The Red Sweater Review Of Instapaper’s Archiving Of John Siracusa’s Review Of Mountain Lion 10.8
July 26th, 2012Instapaper developer Marco Arment responded to the latest installment of John Siracusa’s famously elaborate Mac OS X reviews with an amusing, fairly elaborate review of the review itself. Each is worth reading, or at a minimum, each is worth reading later.
Siracusa’s article is particularly suitable to archiving for later perusal, as it clocks in at a whopping 24 “web pages.” Arment estimated it took him around two hours to read. Given my busy schedule and poor attention span, I suspect this will be split up into several shifts, reading a little bit when I get the chance.
Multi-page articles used to be a bugaboo for Instapaper. Faced with an article like Siracusa’s, it would happily save it to your reading list, but when you sat down to dig into the story, you’d be vexed to find you were stuck with only the first of 24 pages. Happily, in March of this year, the Instapaper bookmarklet was updated to support multi-page archival.
I have an Instapaper keyboard shortcut wired up, so when I’m looking at a page I want to read later, I just press control-p, and up comes Instapaper’s friendly “Saving” panel. When it’s saving a multi-page article, it updates the UI while it cranks through the pages.
I pressed the keyboard shortcut on Siracusa’s article, and settled in for a relatively long Instapapering lull. To my surprise, the save panel appeared and disappeared almost instantly. Uh oh, has Marco screwed up multi-page archiving for a canonical example of its usefulness? On an article that he himself has drawn additional attention to?

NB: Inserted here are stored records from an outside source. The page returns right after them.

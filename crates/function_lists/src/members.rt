// The members of objects, and parts of values.
ghost use Rattle.std.specs.Prelude.{◌≡◌, ◌≤◌, ◌++◌, ◌∷◌, [], Some, None, List, Option, chars, bytes_eq, map};
ghost use Rattle.std.specs.Prelude.{option_map, option_and_then, IfOk, OnOk, slice_get, codes};
ghost use Rattle.std.specs.List.{list_all, list_any, filter};
ghost use Rattle.arm_value.specs.Json.{Json, Member, text, nesting, members_nesting, put};
ghost use Rattle.arm_value.specs.View.{json, member};
ghost use Rattle.function_lists.specs.Values.{array_of, object_of};
ghost use Rattle.function_numbers.specs.Kinds.{text_of};
ghost use Rattle.function_lists.specs.Members as row;
ghost use Rattle.function_lists.specs.Members.{key_and_value, paired, has_key};

use crate::values::{array_of, object_of};
use arm_value::{Field, Fields, OutOfMemory, Text, Value};
use function_numbers::kinds::{members_of, text_of};
use std::alloc::Global;

fn keys(alloc: Global, fields: &[Field]) -> Result<Vec<Value>, OutOfMemory>
    ensures { IfOk result (λ keys. map json keys.items ≡ map (λ m. text m.0) (map member fields.now)) }
{
    let mut keys = Vec::new(alloc);
    for field in fields {
        keys.push(Value::Text(field.name.copy(alloc)?))?;
    }
    Ok(keys)
}

fn keys_of(alloc: Global, value: &Value) -> Result<Option<Value>, OutOfMemory>
    ensures { IfOk result (λ keys. option_map json keys ≡ row.object_keys (json value.now ∷ [])) }
{
    match members_of(value) {
        Some(fields) => Ok(array_of(keys(alloc, fields.as_slice())?)),
        None => Ok(None),
    }
}

/// `objectKeys`: the names of an object's members, in the order of their bytes.
pub fn object_keys(alloc: Global, args: &[Value]) -> Result<Option<Value>, OutOfMemory>
    ensures { IfOk result (λ value. option_map json value ≡ row.object_keys (map json args.now)) }
{
    match args {
        [value] => keys_of(alloc, value),
        _ => Ok(None),
    }
}

// Puts the member's name among the parts, as `key`.
fn set_key(alloc: Global, parts: &mut Fields, field: &Field) -> Result<(), OutOfMemory>
    ensures { OnOk result (parts.new ≡ put (codes "key") (text field.now.name) parts.old) }
{
    let name = field.name.copy(alloc)?;
    parts.set(alloc, "key", Value::Text(name))?;
    Ok(())
}

// Puts the member's value among the parts, as `value`.
fn set_value(alloc: Global, parts: &mut Fields, field: &Field) -> Result<(), OutOfMemory>
    requires { nesting (json field.now.value) ≤ 119 }
    ensures { OnOk result (parts.new ≡ put (codes "value") (json field.now.value) parts.old) }
{
    let value = field.value.copy(alloc)?;
    parts.set(alloc, "value", value)?;
    Ok(())
}

// The object of a member's name and value.
fn key_and_value(alloc: Global, field: &Field) -> Result<Value, OutOfMemory>
    requires { nesting (json field.now.value) ≤ 119 }
    ensures { IfOk result (λ value. json value ≡ key_and_value (member field.now)) }
{
    let mut parts = Fields::new();
    set_key(alloc, &mut parts, field)?;
    set_value(alloc, &mut parts, field)?;
    Ok(Value::Object(parts))
}

fn keys_and_values(alloc: Global, fields: &[Field]) -> Result<Vec<Value>, OutOfMemory>
    requires { members_nesting (map member fields.now) ≤ 119 }
    ensures { IfOk result (λ all. map json all.items ≡ map key_and_value (map member fields.now)) }
{
    let mut all = Vec::new(alloc);
    for field in fields {
        all.push(key_and_value(alloc, field)?)?;
    }
    Ok(all)
}

fn items_in(alloc: Global, value: &Value) -> Result<Option<Value>, OutOfMemory>
    ensures { IfOk result (λ items. option_map json items ≡ row.object_items (json value.now ∷ [])) }
{
    match members_of(value) {
        Some(fields) => Ok(array_of(keys_and_values(alloc, fields.as_slice())?)),
        None => Ok(None),
    }
}

/// `items`: an object of `key` and `value` for each member, in the order of the names' bytes; none
/// where the array would nest above 120.
pub fn object_items(alloc: Global, args: &[Value]) -> Result<Option<Value>, OutOfMemory>
    ensures { IfOk result (λ value. option_map json value ≡ row.object_items (map json args.now)) }
{
    match args {
        [value] => items_in(alloc, value),
        _ => Ok(None),
    }
}

// The member of a name and a value; none where the name is no text.
fn named(alloc: Global, name: &Value, value: &Value) -> Result<Option<Field>, OutOfMemory>
    ensures { IfOk result (λ field. option_map member field
        ≡ option_map (λ s. (s, json value.now)) (text_of (json name.now))) }
{
    match text_of(name) {
        Some(name) => Ok(Some(Field {
            name: name.copy(alloc)?,
            value: value.copy(alloc)?,
        })),
        None => Ok(None),
    }
}

// The members that names and values in turn are; none for an odd number or a name that is no text.
fn paired(alloc: Global, args: &[Value]) -> Result<Option<Vec<Field>>, OutOfMemory>
    ensures { IfOk result (λ fields. option_map (λ v. map member v.items) fields ≡ paired (map json args.now)) }
{
    let mut fields = Vec::new(alloc);
    let mut rest = args;
    while let [name, value, following @ ..] = rest {
        match named(alloc, name, value)? {
            Some(field) => fields.push(field)?,
            None => return Ok(None),
        }
        rest = following;
    }
    if rest.is_empty() {
        Ok(Some(fields))
    } else {
        Ok(None)
    }
}

/// `createObject`: the object of names and values in turn, of equal names the last; none for an odd
/// number of arguments, a name that is no text, or an object that would nest above 120.
pub fn create_object(alloc: Global, args: &[Value]) -> Result<Option<Value>, OutOfMemory>
    ensures { IfOk result (λ value. option_map json value ≡ row.create_object (map json args.now)) }
{
    match paired(alloc, args)? {
        Some(fields) => object_of(alloc, fields),
        None => Ok(None),
    }
}

/// Whether a member's name is equal to the name but for the case of ASCII letters.
pub fn has_key(fields: &Fields, name: &Text) -> bool
    ensures { result ≡ has_key name.now fields.now }
{
    for field in fields.as_slice() {
        if field.name.equals_ignore_case(name.as_str()) {
            return true;
        }
    }
    false
}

Nope. All the pages are there. I confirmed through Instapapaper that the complete, gloriously long article would be waiting for me on my subway ride later this morning. Kudos to Instapaper!
But how did it happen so quickly? Does Marco special-case certain popular pages like this in an effort to boost perceived performance? Or perhaps one of the subtle improvements over the years has been some kind of automatic server-side de-duping of archives. This would save Marco a bunch of space on his servers while also improving performance for users.
Archiving Advice
However Instapaper did it, archiving John Siracusa’s review of Mountain Lion 10.8 with Instapaper was, ahem, instant and complete. Would archive again.
July 26th, 2012 at 10:33 am
This is all good, but what I really want to know is… Will it blend? ;-)
July 26th, 2012 at 10:54 am
When I added multipage support, I wrote it in both the bookmarklet and the server-side crawler so that people’s multipage saves would still work from API clients that don’t execute the bookmarklet code (such as Twitter and RSS clients).
Only the bookmarklet can save pages behind a login barrier, but Ars doesn’t require a login. And there’s a weird Javascript bug in Safari that often crashes the tab when the bookmarklet tries to crawl the high number of pages in a Siracusa review on Ars. So, for Ars, the server-side multipage crawling is the most reliable option.
The night before Siracusa’s review was published, I added a new, as-yet-undocumented option to Instapaper’s bodytext configurations, “always_fetch_from_server”, and set that to “yes” for Ars Technica. This forces the bookmarklet to skip its content-capturing and multipage-fetching routines and just send the URL so the server will crawl it.
Unfortunately, the bookmarklet doesn’t provide any indication to the user that this has happened. I’ll try to figure out a good solution to that.
July 26th, 2012 at 10:56 am
I think he said on Build and Analyse that he doesn’t save identical articles multiple times.
July 30th, 2012 at 6:42 am
I was waiting for someone to review Marco’s review of Siracusa”™s review! Sadly, I think you could have done a more detailed analysis of Marco’s deconstruction of Siracusa”™s latest work. I must conclude that you can be easily distracted by shiny new features. Perhaps another reader here can provide additional insight by reviewing my review of your review of Marco’s review of John’s review.